Book (2022)/Security Analysis of Tests
In the event of a violation of academic integrity, test scores may not reflect the skills and knowledge of test takers. Forensic analysis of tests (educational data forensics, EDF) is a statistical analysis of test results with the aim of detecting deviations that potentially indicate tampering, favoritism, or outright test fraud. Should there be violations of academic integrity at the level of test administrators or item bank administrators, forensic analysis is practically the only tool to systematically uncover this activity.

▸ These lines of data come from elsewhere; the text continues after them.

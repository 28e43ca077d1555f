//! Theorems about formulas and about memory, on the contracts of functions that a program can call.
ghost use Rattle.tray.specs.FormulaLaws.{FormulaLaws};
ghost use Rattle.tray.specs.OpeningLaws.{OpeningLaws};

use books::Book;

/// Computes nothing: its contract says of every book what the top of a tray tells after each building call, as a
/// formula over finite sets, and what a verdict says about the finite sets that make a formula true.
pub fn laws_of_formulas<B: Book>(_book: &B)
    ensures { FormulaLaws (B.Book.holds _book.now) }
{}

/// Computes nothing: its contract says when one memory has room for a tray, and that a tray keeps that room.
pub fn laws_of_opening()
    ensures { OpeningLaws }
{}
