//! A predicate of a book on listed sets, as a kind of state.
ghost use Rattle.std.specs.Prelude.{◌≡◌, ◌≤◌, length};
ghost use Rattle.words.specs.Formulas.{through};
ghost use Rattle.tray.specs.Asked.{asked};

use books::{Book, Predicate};
use tables::Kind;
use words::in_set;

// The place column that a column gives to the listed sets: its bit j is the bit of the j-th of them.
fn read_through(listed: &[u8], column: u8) -> u8
    requires { length listed.now ≤ 4 }
    ensures { result ≡ through listed.now column }
{
    let mut read = 0;
    for set in listed.iter().rev() {
        read = 2 * read + u8::from(in_set(column, *set));
    }
    read
}

/// The states of a predicate's automaton, with columns read through the listed sets.
#[derive(Drop)]
pub(crate) struct Asked<'b, 'l, B> {
    pub(crate) book: &'b B,
    pub(crate) predicate: Predicate,
    pub(crate) listed: &'l [u8],
    ghost few: { length listed.now ≤ 4 },
}

impl<'b, 'l, B: Book> Kind for Asked<'b, 'l, B> {
    type State = u16;

    ghost moves = { λ a. asked (B.Book.automaton a.book.now a.predicate) a.listed.now };

    fn start(&self) -> u16 {
        self.book.start(self.predicate)
    }

    fn step(&self, state: u16, column: u8) -> u16 {
        let read = read_through(self.listed, column);
        self.book.step(self.predicate, state, read)
    }

    fn accepts(&self, state: u16) -> bool {
        self.book.accepts(self.predicate, state)
    }

    fn same(&self, a: u16, b: u16) -> bool {
        a == b
    }
}
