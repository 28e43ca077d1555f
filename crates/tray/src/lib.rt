//! The tray of tables: the calls that build tables for formulas, and those that judge one and save it.
#![tactic(auto)]

mod asked;
mod control;
mod hide;
mod join;
mod judge;
mod laws;
mod opening;
mod place;
mod refusal;
mod save;
mod single;
mod top;
mod tray;

pub use control::Control;
pub use laws::{laws_of_formulas, laws_of_opening};
pub use refusal::Refusal;
pub use tray::Tray;

#[cfg(test)]
mod tests;
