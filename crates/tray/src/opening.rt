//! Making a tray, and opening it.
ghost use Rattle.std.specs.Prelude.{◌≡◌, ℕ, ◌+◌, ◌*◌, ◌≤◌, ◌++◌, length};
ghost use Rattle.words.specs.Rows.{width};
ghost use Rattle.tray.specs.Checks.{Checked};
ghost use Rattle.tray.specs.Opening.{Opens, open_checks, tables_part};
ghost use Rattle.tray.specs.Memory.{SameMemory};

use crate::control::{Control, room_for};
use crate::refusal::Refusal;
use crate::tray::Tray;

// Whether a tray can have these settings over so many numbers of table and work memory.
fn fitting(
    sets: usize,
    budget: usize,
    depth: usize,
    tables: usize,
    spare: usize,
) -> Result<(), Refusal>
    ensures { Checked (open_checks sets budget depth tables spare) result }
{
    if sets < 1 || sets > 8 {
        return Err(Refusal::WrongSets);
    }
    if budget < 1 || budget > 512 {
        return Err(Refusal::WrongBudget);
    }
    if depth < 1 || depth > 16 {
        return Err(Refusal::WrongDepth);
    }
    let slot = room_for(sets, budget);
    if tables < depth * slot || spare < 2 * slot {
        return Err(Refusal::NoMemory);
    }
    Ok(())
}

// How many numbers the slots of the tables take, but at most so many; none where a setting is above its range.
fn table_length(sets: usize, budget: usize, depth: usize, most: usize) -> usize
    ensures few { result ≤ most }
    ensures is { result ≡ tables_part sets budget depth most }
{
    if sets > 8 || budget > 512 || depth > 16 {
        return 0;
    }
    most.min(depth * room_for(sets, budget))
}

impl<'m, 's> Tray<'m, 's> {
    /// The empty tray, with no sets, no budget and no depth.
    pub fn over(tables: &'m mut [u16], spare: &'s mut [u16]) -> Tray<'m, 's>
        ensures settings { (result.control.sets ≡ 0) × (result.control.budget ≡ 0) × (result.control.depth ≡ 0) × (result.control.count ≡ 0) }
        ensures owners { (result.tables.ghost_name ≡ tables.entry.ghost_name) × (result.spare.ghost_name ≡ spare.entry.ghost_name) }
        ensures memory { (result.tables.now ≡ tables.old) × (result.spare.now ≡ spare.old) }
    {
        let control = Control {
            sets: 0,
            budget: 0,
            depth: 0,
            count: 0,
            sizes: [0; 16],
        };
        Tray {
            control,
            tables,
            spare,
        }
    }

    /// The empty tray over one memory, cut behind the slots that the tables take under these settings, so that the rest
    /// is work space; where a setting is above its range, all of it is. Open with the same settings finds enough memory
    /// exactly when (depth + 2) slots fit: see `laws_of_opening`.
    pub fn within(memory: &'m mut [u16], sets: usize, budget: usize, depth: usize) -> Tray<'m, 'm>
        ensures settings { (result.control.sets ≡ 0) × (result.control.budget ≡ 0) × (result.control.depth ≡ 0) × (result.control.count ≡ 0) }
        ensures parts { result.tables.now ++ result.spare.now ≡ memory.old }
        ensures whole { length result.tables.now + length result.spare.now ≡ length memory.old }
        ensures cut { length result.tables.now ≡ tables_part sets budget depth (length memory.old) }
    {
        let slots = table_length(sets, budget, depth, memory.len());
        let (tables, spare) = memory.split_at_mut(slots);
        Tray::over(tables, spare)
    }

    /// Opens the tray for claims over so many sets: with no table, a budget of states for each call, and a depth of
    /// tables that it can hold. A tray that was open before is emptied. A refused call changes nothing.
    pub fn open(&mut self, sets: usize, budget: usize, depth: usize) -> Result<(), Refusal>
        ensures opens { Opens sets budget depth (length self.old.tables.now) (length self.old.spare.now) self.old.control self.new.control result }
        ensures memory { (self.new.tables.now ≡ self.old.tables.now) × (self.new.spare.now ≡ self.old.spare.now) }
        ensures owners { SameMemory self.old self.new }
    {
        let Tray {
            control,
            tables,
            spare,
        } = self;
        fitting(sets, budget, depth, tables.len(), spare.len())?;
        control.sets = sets as u8;
        control.budget = budget;
        control.depth = depth;
        control.count = 0;
        Ok(())
    }
}
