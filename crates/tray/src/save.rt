//! The call that writes the top table as text.
ghost use Rattle.std.specs.Prelude.{◌-◌, ◌≤◌};
ghost use Rattle.words.specs.TableOf.{TableOf};
ghost use Rattle.tray.specs.Calls.{SavesTop};
ghost use Rattle.tray.specs.View.{size_of, rows_of, says};

use crate::refusal::Refusal;
use crate::tray::Tray;
use saving::save_rows;

// The most sets that a table is saved over.
const MOST_SETS: u8 = 4;

impl<'m, 's> Tray<'m, 's> {
    /// Writes the text of the top table at the front of the buffer, and answers how many bytes it has. The bytes behind
    /// it stay as they were.
    pub fn save(&self, buffer: &mut [u8]) -> Result<usize, Refusal>
        ensures saves { SavesTop self.now.control self.now.tables.now buffer.old buffer.new result }
        ensures table { 1 ≤ self.now.control.count → TableOf self.now.control.sets (says self.now.control self.now.tables.now (self.now.control.count - 1)) (rows_of self.now.control self.now.tables.now (self.now.control.count - 1)) (size_of self.now.control (self.now.control.count - 1)) }
    {
        let control = self.control;
        if control.sets > MOST_SETS {
            return Err(Refusal::TooManySets);
        }
        if control.count < 1 {
            return Err(Refusal::TooFewTables);
        }
        let table = control.rows(self.tables, control.count - 1);
        Ok(save_rows(&table, buffer)?)
    }
}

- The analysis should answer questions of the type
- Questions focused on individuals
- Is there anything unusual about this individual?
- Did they answer each item with a “C”?
- Were they answering too quickly?
- Did they spend 10 minutes on each of the first 5 items and skip the rest?
- Did they get a high score in a suspiciously short amount of time?
- Did they noticeably change many incorrect answers to correct ones?
- Questions focused on relationships between individuals
- Are some participants' answers strikingly similar?
- Were these participants sitting near each other? In the same classroom?
- Does anything unusual appear when comparing this person to others?
- Are there individuals around him or her who have almost the same answers?

- Group level questions
- Are some schools or teachers performing unusually well?
- Do some test centers have unusually high pass rates and short test times?
- Are similarly answered tests common to a certain group of test takers?
- What is the common feature of this group?
- Does any group of examinees answer questions from one profile subject significantly better?
- Does any group of applicants respond significantly better to questions that are new or, conversely, old?
- Or newly reviewed? Reviewed by one reviewer?
- Are there significant differences between classrooms?
- Are there significant differences between candidates from different rounds of the test?
Statistical Indications of Possible Fraudulent Conduct
There are many different forensic data methods that can be used to detect cheating[1]. Statistical methods for detecting suspected irregularities may include:
- Evaluating the similarity of responses between pairs of examinees. The simplest methods use descriptive statistics to summarize the number (or proportion) of jointly correct answers or common errors. For example, the responses in common index (RIC) is the number of questions for which two examinees have the same answer. More complex methods work with probability estimation, whether the similarity of common answers can still be coincidental.
- Analysis of changed (deleted) answers tracks the number of changed student answers on answer sheets and test programs. An implausibly large number of changed answers in a class may indicate tampering (e.g. mass copying in the absence of supervision). The number of changes from a wrong answer to a good answer is an extremely strong indicator of fraudulent behavior[2], [3].
- Analysis of predicted vs. current performance: Statistical analysis of test results from the previous year can predict future performance. Unexpectedly successful summary test results may indicate cheating, especially when large gains are not repeated in the following year, or test scores if high success rates are confirmed in subsequent years. The effect of improving results from better teaching is more gradual and long-term.
- Analyzing Student Responses: It should be considered suspicious if students fail to answer a large number of easy questions while simultaneously having an unlikely number of difficult questions answered correctly. Similarly, testers can look for other statistically significant similarities across tests.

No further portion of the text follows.